— WHAT TO WORK ON —
Set down word for word the lines that begin the entries and run through the line containing "handlers = handler_of". Give nothing further.

[Stored data]
impl<S: Stage> PipelineBuilder<S> {
    /// No handler, and the default marks. It takes no memory.
    pub fn new(alloc: Global) -> Self
        ensures handlers { result.handlers ≡ [] }
        ensures marks { (result.low ≡ DEFAULT_LOW) × (result.high ≡ DEFAULT_HIGH) }
    {
        PipelineBuilder {
            alloc,
            handlers: Vec::new(alloc),
            low: DEFAULT_LOW,
            high: DEFAULT_HIGH,
        }
    }

    /// Adds a handler before all others. Refused as `Limit` where the name is not 1 to `MAX_NAME_LENGTH` bytes or
    /// `MAX_HANDLERS` handlers are there, then as `DuplicateName`, then as `Memory`; the stage comes back, and the builder
    /// is unchanged.
    pub fn add_first(&mut self, name: &str, group: Option<&str>, stage: S) -> Inserted<S>
        requires { S.stands_after stage [] }
        ensures added { OnOk result (self.new ≡ record self.old { handlers = handler_of name.now (option_copied group.entry) stage ∷ self.old.handlers }) }
        ensures allowed { OnOk result (naming_fault name.now self.old.handlers ≡ None) }
        ensures refused { IfErr result (λ unadded. unadded.fault ≡ unwrap_or (naming_fault name.now self.old.handlers) fault.Memory) }
        ensures handed_back { IfErr result (λ unadded. unadded.stage ≡ stage) }
        ensures unchanged { OnErr result (self.new ≡ self.old) }
    {
        match self.checked(name) {
            Ok(()) => self.insert(0, name, group, stage),
            Err(fault) => Err(Unadded { fault, stage }),
        }
    }

    /// Adds a handler after all others. Refused as `add_first` is.
    pub fn add_last(&mut self, name: &str, group: Option<&str>, stage: S) -> Inserted<S>
        requires { S.stands_after stage [] }
        ensures added { OnOk result (self.new ≡ record self.old { handlers = self.old.handlers ++ handler_of name.now (option_copied group.entry) stage ∷ [] }) }
        ensures allowed { OnOk result (naming_fault name.now self.old.handlers ≡ None) }
        ensures refused { IfErr result (λ unadded. unadded.fault ≡ unwrap_or (naming_fault name.now self.old.handlers) fault.Memory) }
        ensures handed_back { IfErr result (λ unadded. unadded.stage ≡ stage) }
        ensures unchanged { OnErr result (self.new ≡ self.old) }
    {
        let end = self.handlers.len();
        match self.checked(name) {
            Ok(()) => self.insert(end, name, group, stage),
            Err(fault) => Err(Unadded { fault, stage }),
        }
    }

    /// Adds a handler just before the handler `at`. Refused as `add_first` is, and as `NoSuchName` before `Memory`.
    pub fn add_before(&mut self, at: &str, name: &str, group: Option<&str>, stage: S) -> Inserted<S>
        requires { S.stands_after stage [] }
        ensures added { OnOk result (IfSome (index_of at.now self.old.handlers) (λ index. self.new ≡ record self.old { handlers = insert self.old.handlers index (handler_of name.now (option_copied group.entry) stage) })) }
        ensures allowed { OnOk result (beside_fault at.now name.now self.old.handlers ≡ None) }
        ensures refused { IfErr result (λ unadded. unadded.fault ≡ unwrap_or (beside_fault at.now name.now self.old.handlers) fault.Memory) }
        ensures handed_back { IfErr result (λ unadded. unadded.stage ≡ stage) }
        ensures unchanged { OnErr result (self.new ≡ self.old) }
    {
        match self.index_beside(at, name) {
            Ok(index) => self.insert(index, name, group, stage),
            Err(fault) => Err(Unadded { fault, stage }),
        }
    }

    /// Adds a handler just after the handler `at`. Refused as `add_before` is.
    pub fn add_after(&mut self, at: &str, name: &str, group: Option<&str>, stage: S) -> Inserted<S>
        requires { S.stands_after stage [] }
        ensures added { OnOk result (IfSome (index_of at.now self.old.handlers) (λ index. self.new ≡ record self.old { handlers = insert self.old.handlers (index + 1) (handler_of name.now (option_copied group.entry) stage) })) }
        ensures allowed { OnOk result (beside_fault at.now name.now self.old.handlers ≡ None) }
        ensures refused { IfErr result (λ unadded. unadded.fault ≡ unwrap_or (beside_fault at.now name.now self.old.handlers) fault.Memory) }
        ensures handed_back { IfErr result (λ unadded. unadded.stage ≡ stage) }
        ensures unchanged { OnErr result (self.new ≡ self.old) }
    {
        match self.index_beside(at, name) {
            Ok(index) => self.insert(index + 1, name, group, stage),
            Err(fault) => Err(Unadded { fault, stage }),
        }
    }

    /// Takes the handler of this name out, and gives its stage. Refused as `NoSuchName`.
    pub fn remove(&mut self, name: &str) -> Result<S, BuildFault>
        ensures stage { result ≡ stage_of name.now self.old.handlers }
        ensures removed { self.new ≡ record self.old { handlers = without name.now self.old.handlers } }
    {
        match self.index_of(name) {
            Some(index) => {
                let NamedStage { stage, .. } = self.handlers.remove(index);
                Ok(stage)
            }
            None => Err(BuildFault::NoSuchName),
        }
    }

    /// Sets the marks, in bytes. Refused as `Limit` where one is above `MAX_MARK`, then as `Marks` where low is above
    /// high.
    pub fn marks(&mut self, low: u32, high: u32) -> Result<(), BuildFault>
        ensures answer { result ≡ marks_answer low high }
        ensures set { OnOk result (self.new ≡ record self.old { low = low; high = high }) }
        ensures unchanged { OnErr result (self.new ≡ self.old) }
    {
        if low > MAX_MARK || high > MAX_MARK {
            return Err(BuildFault::Limit);
        }
        if low > high {
            return Err(BuildFault::Marks);
        }
        self.low = low;
        self.high = high;
        Ok(())
    }

    /// Builds the pipeline of the next channel, and places it with these groups.
    ///
    /// Refused as `NoSuchGroup` where a handler names a group that is not there, then as `NoTurn` or `TwoTurns`, then as
    /// `Memory`; the builder comes back, and the groups are unchanged.
    pub fn build(self, groups: &mut Groups) -> Result<Placed<S>, Unbuilt<S>>
        ensures inbound { IfOk result (λ placed. placed.inbound ≡ map (λ handler. handler.stage) (inbound_handlers S.meaning self.handlers)) }
        ensures outbound { IfOk result (λ placed. placed.outbound ≡ map (λ handler. handler.stage) (outbound_handlers S.meaning self.handlers)) }
        ensures inbound_path { IfOk result (λ placed. map S.meaning placed.inbound ≡ inbound_chain (meanings S.meaning self.handlers)) }
        ensures outbound_path { IfOk result (λ placed. map S.meaning placed.outbound ≡ outbound_chain (meanings S.meaning self.handlers)) }
        ensures marks { IfOk result (λ placed. (placed.low ≡ self.low) × (placed.high ≡ self.high)) }

        // Each hop runs where these groups, which have placed the channels before, place it.
        ensures executors { IfOk result (λ placed. (earlier : List (List (Option (List ℕ)))) → HasPlaced groups.old earlier →
            placed.executors ≡ hop_executors (executor_after groups.old.loops (sizes_of groups.old) earlier) S.meaning self.handlers) }
        ensures executors_are_there { IfOk result (λ placed. All (λ executor. executor < executor_count groups.old.loops (sizes_of groups.old)) placed.executors) }
        ensures counted { OnOk result ((earlier : List (List (Option (List ℕ)))) → HasPlaced groups.old earlier → HasPlaced groups.new (earlier ++ groups_of self.handlers ∷ [])) }
        ensures same_groups { (groups.new.loops ≡ groups.old.loops) × (sizes_of groups.new ≡ sizes_of groups.old) }

        ensures allowed { OnOk result (building_fault S.meaning (sizes_of groups.old) self.handlers ≡ None) }
        ensures refused { IfErr result (λ unbuilt. unbuilt.fault ≡ unwrap_or (building_fault S.meaning (sizes_of groups.old) self.handlers) fault.Memory) }
        ensures handed_back { IfErr result (λ unbuilt. unbuilt.builder ≡ self) }
        ensures unchanged { OnErr result (groups.new ≡ groups.old) }
    {
        match self.room(groups) {
            Ok(room) => {
                groups.count_pipeline(self.handlers.as_slice());
                Ok(self.into_placed(room))
            }
            Err(fault) => Err(Unbuilt {
                fault,
                builder: self,
            }),
        }
    }

    /// The index of the handler of this name.
    fn index_of(&self, name: &str) -> Option<usize>
        ensures { result ≡ index_of name.now self.now.handlers }
    {
        self.handlers
            .iter()
            .position(|handler| handler.is_named(name))
    }

    /// Tests whether a handler of this name may be added.
    fn checked(&self, name: &str) -> Result<(), BuildFault>
        ensures { result ≡ unless (naming_fault name.now self.now.handlers) }
    {
        if !is_name(name) || self.handlers.len() >= MAX_HANDLERS {
            return Err(BuildFault::Limit);
        }
        match self.index_of(name) {
            Some(_) => Err(BuildFault::DuplicateName),
            None => Ok(()),
        }
    }

    /// The index of the handler `at`, if a handler of this name may be added beside it.
    fn index_beside(&self, at: &str, name: &str) -> Result<usize, BuildFault>
        ensures index { IfOk result (λ index. index_of at.now self.now.handlers ≡ Some index) }
        ensures within { IfOk result (λ index. index < length self.now.handlers) }
        ensures allowed { OnOk result (beside_fault at.now name.now self.now.handlers ≡ None) }
        ensures room { OnOk result (length self.now.handlers < MAX_HANDLERS) }
        ensures refused { IfErr result (λ e. beside_fault at.now name.now self.now.handlers ≡ Some e) }
    {
        self.checked(name)?;
        self.index_of(at).ok_or(BuildFault::NoSuchName)
    }

    /// Inserts a handler at an index. An `Err` says that memory ran out, and changes nothing.
    fn insert(&mut self, index: usize, name: &str, group: Option<&str>, stage: S) -> Inserted<S>
        requires new { S.stands_after stage [] }
        requires index { index ≤ length self.old.handlers }
        requires room { length self.old.handlers < MAX_HANDLERS }
        ensures added { OnOk result (self.new ≡ record self.old { handlers = insert self.old.handlers index (handler_of name.now (option_copied group.entry) stage) }) }
        ensures err { IfErr result (λ unadded. unadded ≡ record { fault = fault.Memory; stage = stage }) }
        ensures unchanged { OnErr result (self.new ≡ self.old) }
    {
        let handler = NamedStage::new(self.alloc, name, group, stage)?;
        self.handlers
            .insert(index, handler)
            .map_err(|refused| refused_memory(refused.value))
    }

    /// Why the pipeline cannot be built, apart from memory.
    fn building_fault(&self, groups: &Groups) -> Option<BuildFault>
        ensures { result ≡ building_fault S.meaning (sizes_of groups.now) self.now.handlers }
    {
        let handlers = self.handlers.as_slice();
        if !are_known(handlers, groups) {
            return Some(BuildFault::NoSuchGroup);
        }
        match count_turns(handlers) {
            0 => Some(BuildFault::NoTurn),
            1 => None,
            _ => Some(BuildFault::TwoTurns),
        }
    }

    /// Allocates what a built pipeline needs, where it can be built.
    fn room(&self, groups: &Groups) -> Result<Room<S>, BuildFault>
        ensures executors { IfOk result (λ room. room.executors.items ≡ hop_executors (executor_now groups.now) S.meaning self.now.handlers) }
        ensures empty { IfOk result (λ room. (room.chains.inbound.items ≡ []) × (room.chains.outbound.items ≡ []) × (room.chains.turn ≡ 0)) }
        ensures inbound { IfOk result (λ room. length self.now.handlers ≤ vec_capacity room.chains.inbound) }
        ensures outbound { IfOk result (λ room. length self.now.handlers ≤ vec_capacity room.chains.outbound) }
        ensures allowed { OnOk result (building_fault S.meaning (sizes_of groups.now) self.now.handlers ≡ None) }
        ensures refused { IfErr result (λ e. e ≡ unwrap_or (building_fault S.meaning (sizes_of groups.now) self.now.handlers) fault.Memory) }
    {
        if let Some(fault) = self.building_fault(groups) {
            return Err(fault);
        }
        Ok(Room {
            executors: hop_executors(self.alloc, groups, self.handlers.as_slice())?,
            chains: Chains::with_capacity(self.alloc, self.handlers.len())?,
        })
    }

    /// Splits the handlers into chains that have room for them.
    fn into_placed(self, room: Room<S>) -> Placed<S>
        requires turn { count_by (is_turn_stage S.meaning) self.handlers ≡ 1 }
        requires empty { (room.chains.inbound.items ≡ []) × (room.chains.outbound.items ≡ []) × (room.chains.turn ≡ 0) }
        requires inbound { length self.handlers ≤ vec_capacity room.chains.inbound }
        requires outbound { length self.handlers ≤ vec_capacity room.chains.outbound }
        requires executors { length room.executors.items ≡ length (inbound_handlers S.meaning self.handlers) + length (outbound_handlers S.meaning self.handlers) + 2 }
        ensures inbound { result.inbound ≡ map (λ handler. handler.stage) (inbound_handlers S.meaning self.handlers) }
        ensures outbound { result.outbound ≡ map (λ handler. handler.stage) (outbound_handlers S.meaning self.handlers) }
        ensures executors { result.executors ≡ room.executors.items }
        ensures marks { (result.low ≡ self.low) × (result.high ≡ self.high) }
    {
        let PipelineBuilder {
            handlers,
            low,
            high,
            ..
        } = self;
        let Chains {
            inbound,
            outbound,
            turn,
        } = split(handlers, room.chains);
        Placed {
            inbound,
            outbound,
            turn,
            executors: room.executors,
            low,
            high,
        }
    }
}
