// Syndrome words (ESR): read and written in each edition, from the origin that the caller says.
//
// A word has one record, whatever the edition: what stands at the bits of its class. A record has one set of editions, its mask. An
// edition only asks whether its bit stands in the mask.
#![tactic(auto)]

ghost use Rattle.std.specs.Prelude.{◌≡◌, true};
ghost use Rattle.edition.specs.Mask.{mask_of};
ghost use Rattle.record.specs.Split.{record_at};
ghost use Rattle.syndrome.specs.Inner.{makes};
ghost use Rattle.syndrome.specs.Tests.{class_known, word_il};
ghost use Rattle.syndrome.specs.Reading.{Reading};
ghost use Rattle.syndrome.specs.Writing.{Writing};
ghost use Rattle.syndrome.specs.Carry.{Carrying, Rewriting};

mod whole;

use edition::Refusal;
use record::{Origin, Record};
use registers::Esr;
use whole::whole;

// The editions that have the record at the word's bits, where the word's class and IL are right: none where some bit of the word is not the
// record's.
fn word_editions(origin: Origin, r: Record, word: u64) -> u32
    requires { (r ≡ record_at word) × (class_known origin word ≡ true) × (word_il origin word ≡ true) }
    ensures { result ≡ mask_of (λ e. makes origin e r word) }
{
    if whole(r, word) {
        rule::allowed(origin, r)
    } else {
        0
    }
}

// Whether IL is 1 where the origin and the word's class and ISV ask for it.
fn word_il(origin: Origin, word: u64) -> bool
    ensures { result ≡ word_il origin word }
{
    rule::il_rule(
        origin,
        bits::field32(word, 31, 26),
        bits::bit(word, 24),
        bits::bit(word, 25),
    )
}

// Reads a syndrome word in an edition.
// Kept: crate short has these four calls too, of its own tests and types. Their laws stand once, in crate form; a trait round bodies of two
// lines would be no plainer.
#[tactic(auto, using(crate::proofs::Promises::reads, crate::proofs::Steps::read_unknown, crate::proofs::Steps::read_upper, crate::proofs::Steps::read_class, crate::proofs::Steps::read_short))]
pub fn read(origin: Origin, edition: u32, esr: Esr) -> Result<Record, Refusal>
    ensures { Reading origin edition esr result }
{
    let word = esr.0;
    if !edition::known(edition) {
        return Err(Refusal::UnknownEdition);
    }
    if bits::field(word, 63, 32) != 0 {
        return Err(Refusal::UpperHalf);
    }
    if !record::is_class(origin, bits::field32(word, 31, 26)) {
        return Err(Refusal::UnknownClass);
    }
    if !word_il(origin, word) {
        return Err(Refusal::ShortInstruction);
    }
    let r = record::record_at(esr);
    edition::judge(edition, word_editions(origin, r, word))?;
    Ok(r)
}

// Writes a record in an edition.
#[tactic(auto, using(crate::proofs::Promises::writes, crate::proofs::Steps::write_unknown, crate::proofs::Steps::write_class, crate::proofs::Steps::write_short))]
pub fn write(origin: Origin, edition: u32, r: Record) -> Result<Esr, Refusal>
    ensures { Writing origin edition r result }
{
    let h = record::head(r);
    if !edition::known(edition) {
        return Err(Refusal::UnknownEdition);
    }
    if !(h.own & record::is_class(origin, h.class)) {
        return Err(Refusal::NoEdition);
    }
    if !rule::il_rule(origin, h.class, h.isv, h.il) {
        return Err(Refusal::ShortInstruction);
    }
    edition::judge(edition, rule::allowed(origin, r))?;
    Ok(Esr(layout::joined(r)))
}

// Demand 2 beside running code: reads a word and writes its record again. A word that is taken comes back with the same 64 bits.
pub fn rewrite(origin: Origin, edition: u32, esr: Esr) -> Result<Esr, Refusal>
    ensures { Rewriting origin edition esr result }
{
    let r = read(origin, edition, esr)?;
    write(origin, edition, r)
}

// Demand 3 beside running code: writes a record in one edition and reads the word in another, from one origin. The very record comes back
// where the reader's edition has it, else refusal 6. The answer is the writer's refusal, or what the reader answers.
pub fn carry(
    origin: Origin,
    writer: u32,
    reader: u32,
    r: Record,
) -> Result<Result<Record, Refusal>, Refusal>
    ensures { Carrying origin writer reader r result }
{
    let esr = write(origin, writer, r)?;
    Ok(read(origin, reader, esr))
}
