// A guest's state as 48 words, in document 01's order: 31 registers, PC, the status word, five saved status words, DFSR, IFSR, DFAR, IFAR,
// SCTLR, VBAR, TTBCR, and the three marks, each of them set where its word isn't 0.
#![tactic(auto)]

ghost use Rattle.std.specs.Prelude.{◌≡◌, ◌++◌, length, take, drop};
ghost use Rattle.state_words.specs.Words.{is_mark, saved_of, faults_of, marks_of, state_of, words_of};

use exception::{FaultRegisters, Guest, Saved};
use status::Marks;

fn registers_in(words: [u32; 48]) -> [u32; 31]
    ensures { result ≡ take 31 words }
{
    let mut regs = [0u32; 31];
    for i in 0..31 {
        regs[i] = words[i];
    }
    regs
}

fn saved_in(words: [u32; 48]) -> Saved
    ensures { result ≡ saved_of words }
{
    Saved {
        fiq: words[33],
        irq: words[34],
        svc: words[35],
        abt: words[36],
        und: words[37],
    }
}

fn faults_in(words: [u32; 48]) -> FaultRegisters
    ensures { result ≡ faults_of words }
{
    FaultRegisters {
        dfsr: words[38],
        ifsr: words[39],
        dfar: words[40],
        ifar: words[41],
    }
}

pub fn is_mark(word: u32) -> bool
    ensures { result ≡ is_mark word }
{
    word != 0
}

fn marks_in(words: [u32; 48]) -> Marks
    ensures { result ≡ marks_of words }
{
    Marks {
        pan: is_mark(words[45]),
        ssbs: is_mark(words[46]),
        dit: is_mark(words[47]),
    }
}

// The state that the words hold.
pub fn state_of(words: [u32; 48]) -> Guest
    ensures { result ≡ state_of words }
{
    Guest {
        regs: registers_in(words),
        pc: words[31],
        status: words[32],
        saved: saved_in(words),
        faults: faults_in(words),
        sctlr: words[42],
        vbar: words[43],
        ttbcr: words[44],
        marks: marks_in(words),
    }
}

fn with_registers(words: [u32; 48], regs: [u32; 31]) -> [u32; 48]
    ensures { (length regs ≡ 31) × (result ≡ regs ++ drop 31 words) }
{
    let mut after = words;
    for i in 0..31 {
        after[i] = regs[i];
    }
    after
}

// The words with a state in them. The marks' words stay: no call changes a mark.
pub fn words_of(words: [u32; 48], state: Guest) -> [u32; 48]
    ensures { result ≡ words_of words state }
{
    let mut after = with_registers(words, state.regs);
    after[31] = state.pc;
    after[32] = state.status;
    after[33] = state.saved.fiq;
    after[34] = state.saved.irq;
    after[35] = state.saved.svc;
    after[36] = state.saved.abt;
    after[37] = state.saved.und;
    after[38] = state.faults.dfsr;
    after[39] = state.faults.ifsr;
    after[40] = state.faults.dfar;
    after[41] = state.faults.ifar;
    after[42] = state.sctlr;
    after[43] = state.vbar;
    after[44] = state.ttbcr;
    after
}
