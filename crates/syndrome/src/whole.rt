// Whether a record is all of the word that it was taken from.
ghost use Rattle.std.specs.Prelude.{◌≡◌, eqb};
ghost use Rattle.layout.specs.Fields.{record_word};
ghost use Rattle.record.specs.Split.{record_at};

use record::Record;

// The fault code of a debug exception.
const DEBUG_CODE: u64 = 0x22;

// Whether the record at a word's bits makes the word: the bits that its layout doesn't name are 0, and a debug exception has its fault code.
pub(crate) fn whole(r: Record, word: u64) -> bool
    requires { r ≡ record_at word }
    ensures { result ≡ eqb (record_word r) word }
{
    match r {
        Record::Plain(_) => (word & 0xFFFF_FFFF_01FF_FFFF) == 0,
        Record::Wfx(_) => (word & 0xFFFF_FFFF_000F_FFFE) == 0,
        Record::Mcr(_) => (word & 0xFFFF_FFFF_0000_0000) == 0,
        Record::Mcrr(_) => (word & 0xFFFF_FFFF_0000_8000) == 0,
        Record::Ldc(_) => (word & 0xFFFF_FFFF_0000_0C00) == 0,
        Record::Simd(_) => (word & 0xFFFF_FFFF_000F_FFFF) == 0,
        Record::Call(_) => (word & 0xFFFF_FFFF_01FF_0000) == 0,
        Record::Smc(_) => (word & 0xFFFF_FFFF_0007_FFFF) == 0,
        Record::InstructionAbort(_) => (word & 0xFFFF_FFFF_01FF_E140) == 0,
        Record::DataAbort(_) => (word & 0xFFFF_FFFF_0000_2000) == 0,
        Record::Debug(_) => (word & 0xFFFF_FFFF_01FF_FFFF) == DEBUG_CODE,
        Record::Step(_) => (word & 0xFFFF_FFFF_00FF_FFBF) == DEBUG_CODE,
        Record::Watchpoint(_) => (word & 0xFFFF_FFFF_01FF_FEBF) == DEBUG_CODE,
        Record::SError(_) => (word & 0xFFFF_FFFF_01FF_E1C0) == 0,
        Record::System(_) => (word & 0xFFFF_FFFF_01C0_0000) == 0,
    }
}
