// Class rows out of what holds their sums: the list of the nine, or the sums of a job.
ghost use Rattle.std.specs.Prelude.{◌≡◌, ◌<◌};
ghost use Rattle.whole.specs.Table.{table};
ghost use Rattle.account.specs.Classes.{row_at};

use crate::{ClassRow, Sums};
use std::array;

// The row of class k, from the three sums in its places.
fn row_of(sums: &[i64; 27], k: usize) -> ClassRow
    requires { k < 9 }
    ensures { result ≡ row_at sums.now k }
{
    let (rows, _) = sums.as_chunks::<3>();
    let [weight, cross, squares] = rows[k];
    ClassRow {
        weight,
        cross,
        squares,
    }
}

impl ClassRow {
    // The rows of class 0, of class 1, .., from the list that the class account puts their sums into.
    pub fn all(sums: &[i64; 27]) -> [ClassRow; 9]
        ensures { result ≡ table (row_at sums.now) 9 }
    {
        array::from_fn(|k| row_of(sums, k))
    }
}

// The row of a whole job.
impl From<Sums> for ClassRow {
    ghost from_gives = { λ sums row. row ≡ record { weight = sums.weight; cross = sums.cross; squares = sums.squares } };

    fn from(sums: Sums) -> ClassRow {
        ClassRow {
            weight: sums.weight,
            cross: sums.cross,
            squares: sums.squares,
        }
    }
}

— TASK RESPONSE —
impl<S: Stage> PipelineBuilder<S> {
    /// No handler, and the default marks. It takes no memory.
    pub fn new(alloc: Global) -> Self
        ensures handlers { result.handlers ≡ [] }
        ensures marks { (result.low ≡ DEFAULT_LOW) × (result.high ≡ DEFAULT_HIGH) }
    {
        PipelineBuilder {
            alloc,
            handlers: Vec::new(alloc),
            low: DEFAULT_LOW,
            high: DEFAULT_HIGH,
        }
    }

    /// Adds a handler before all others. Refused as `Limit` where the name is not 1 to `MAX_NAME_LENGTH` bytes or
    /// `MAX_HANDLERS` handlers are there, then as `DuplicateName`, then as `Memory`; the stage comes back, and the builder
    /// is unchanged.
    pub fn add_first(&mut self, name: &str, group: Option<&str>, stage: S) -> Inserted<S>
        requires { S.stands_after stage [] }
        ensures added { OnOk result (self.new ≡ record self.old { handlers = handler_of name.now (option_copied group.entry) stage ∷ self.old.handlers }) }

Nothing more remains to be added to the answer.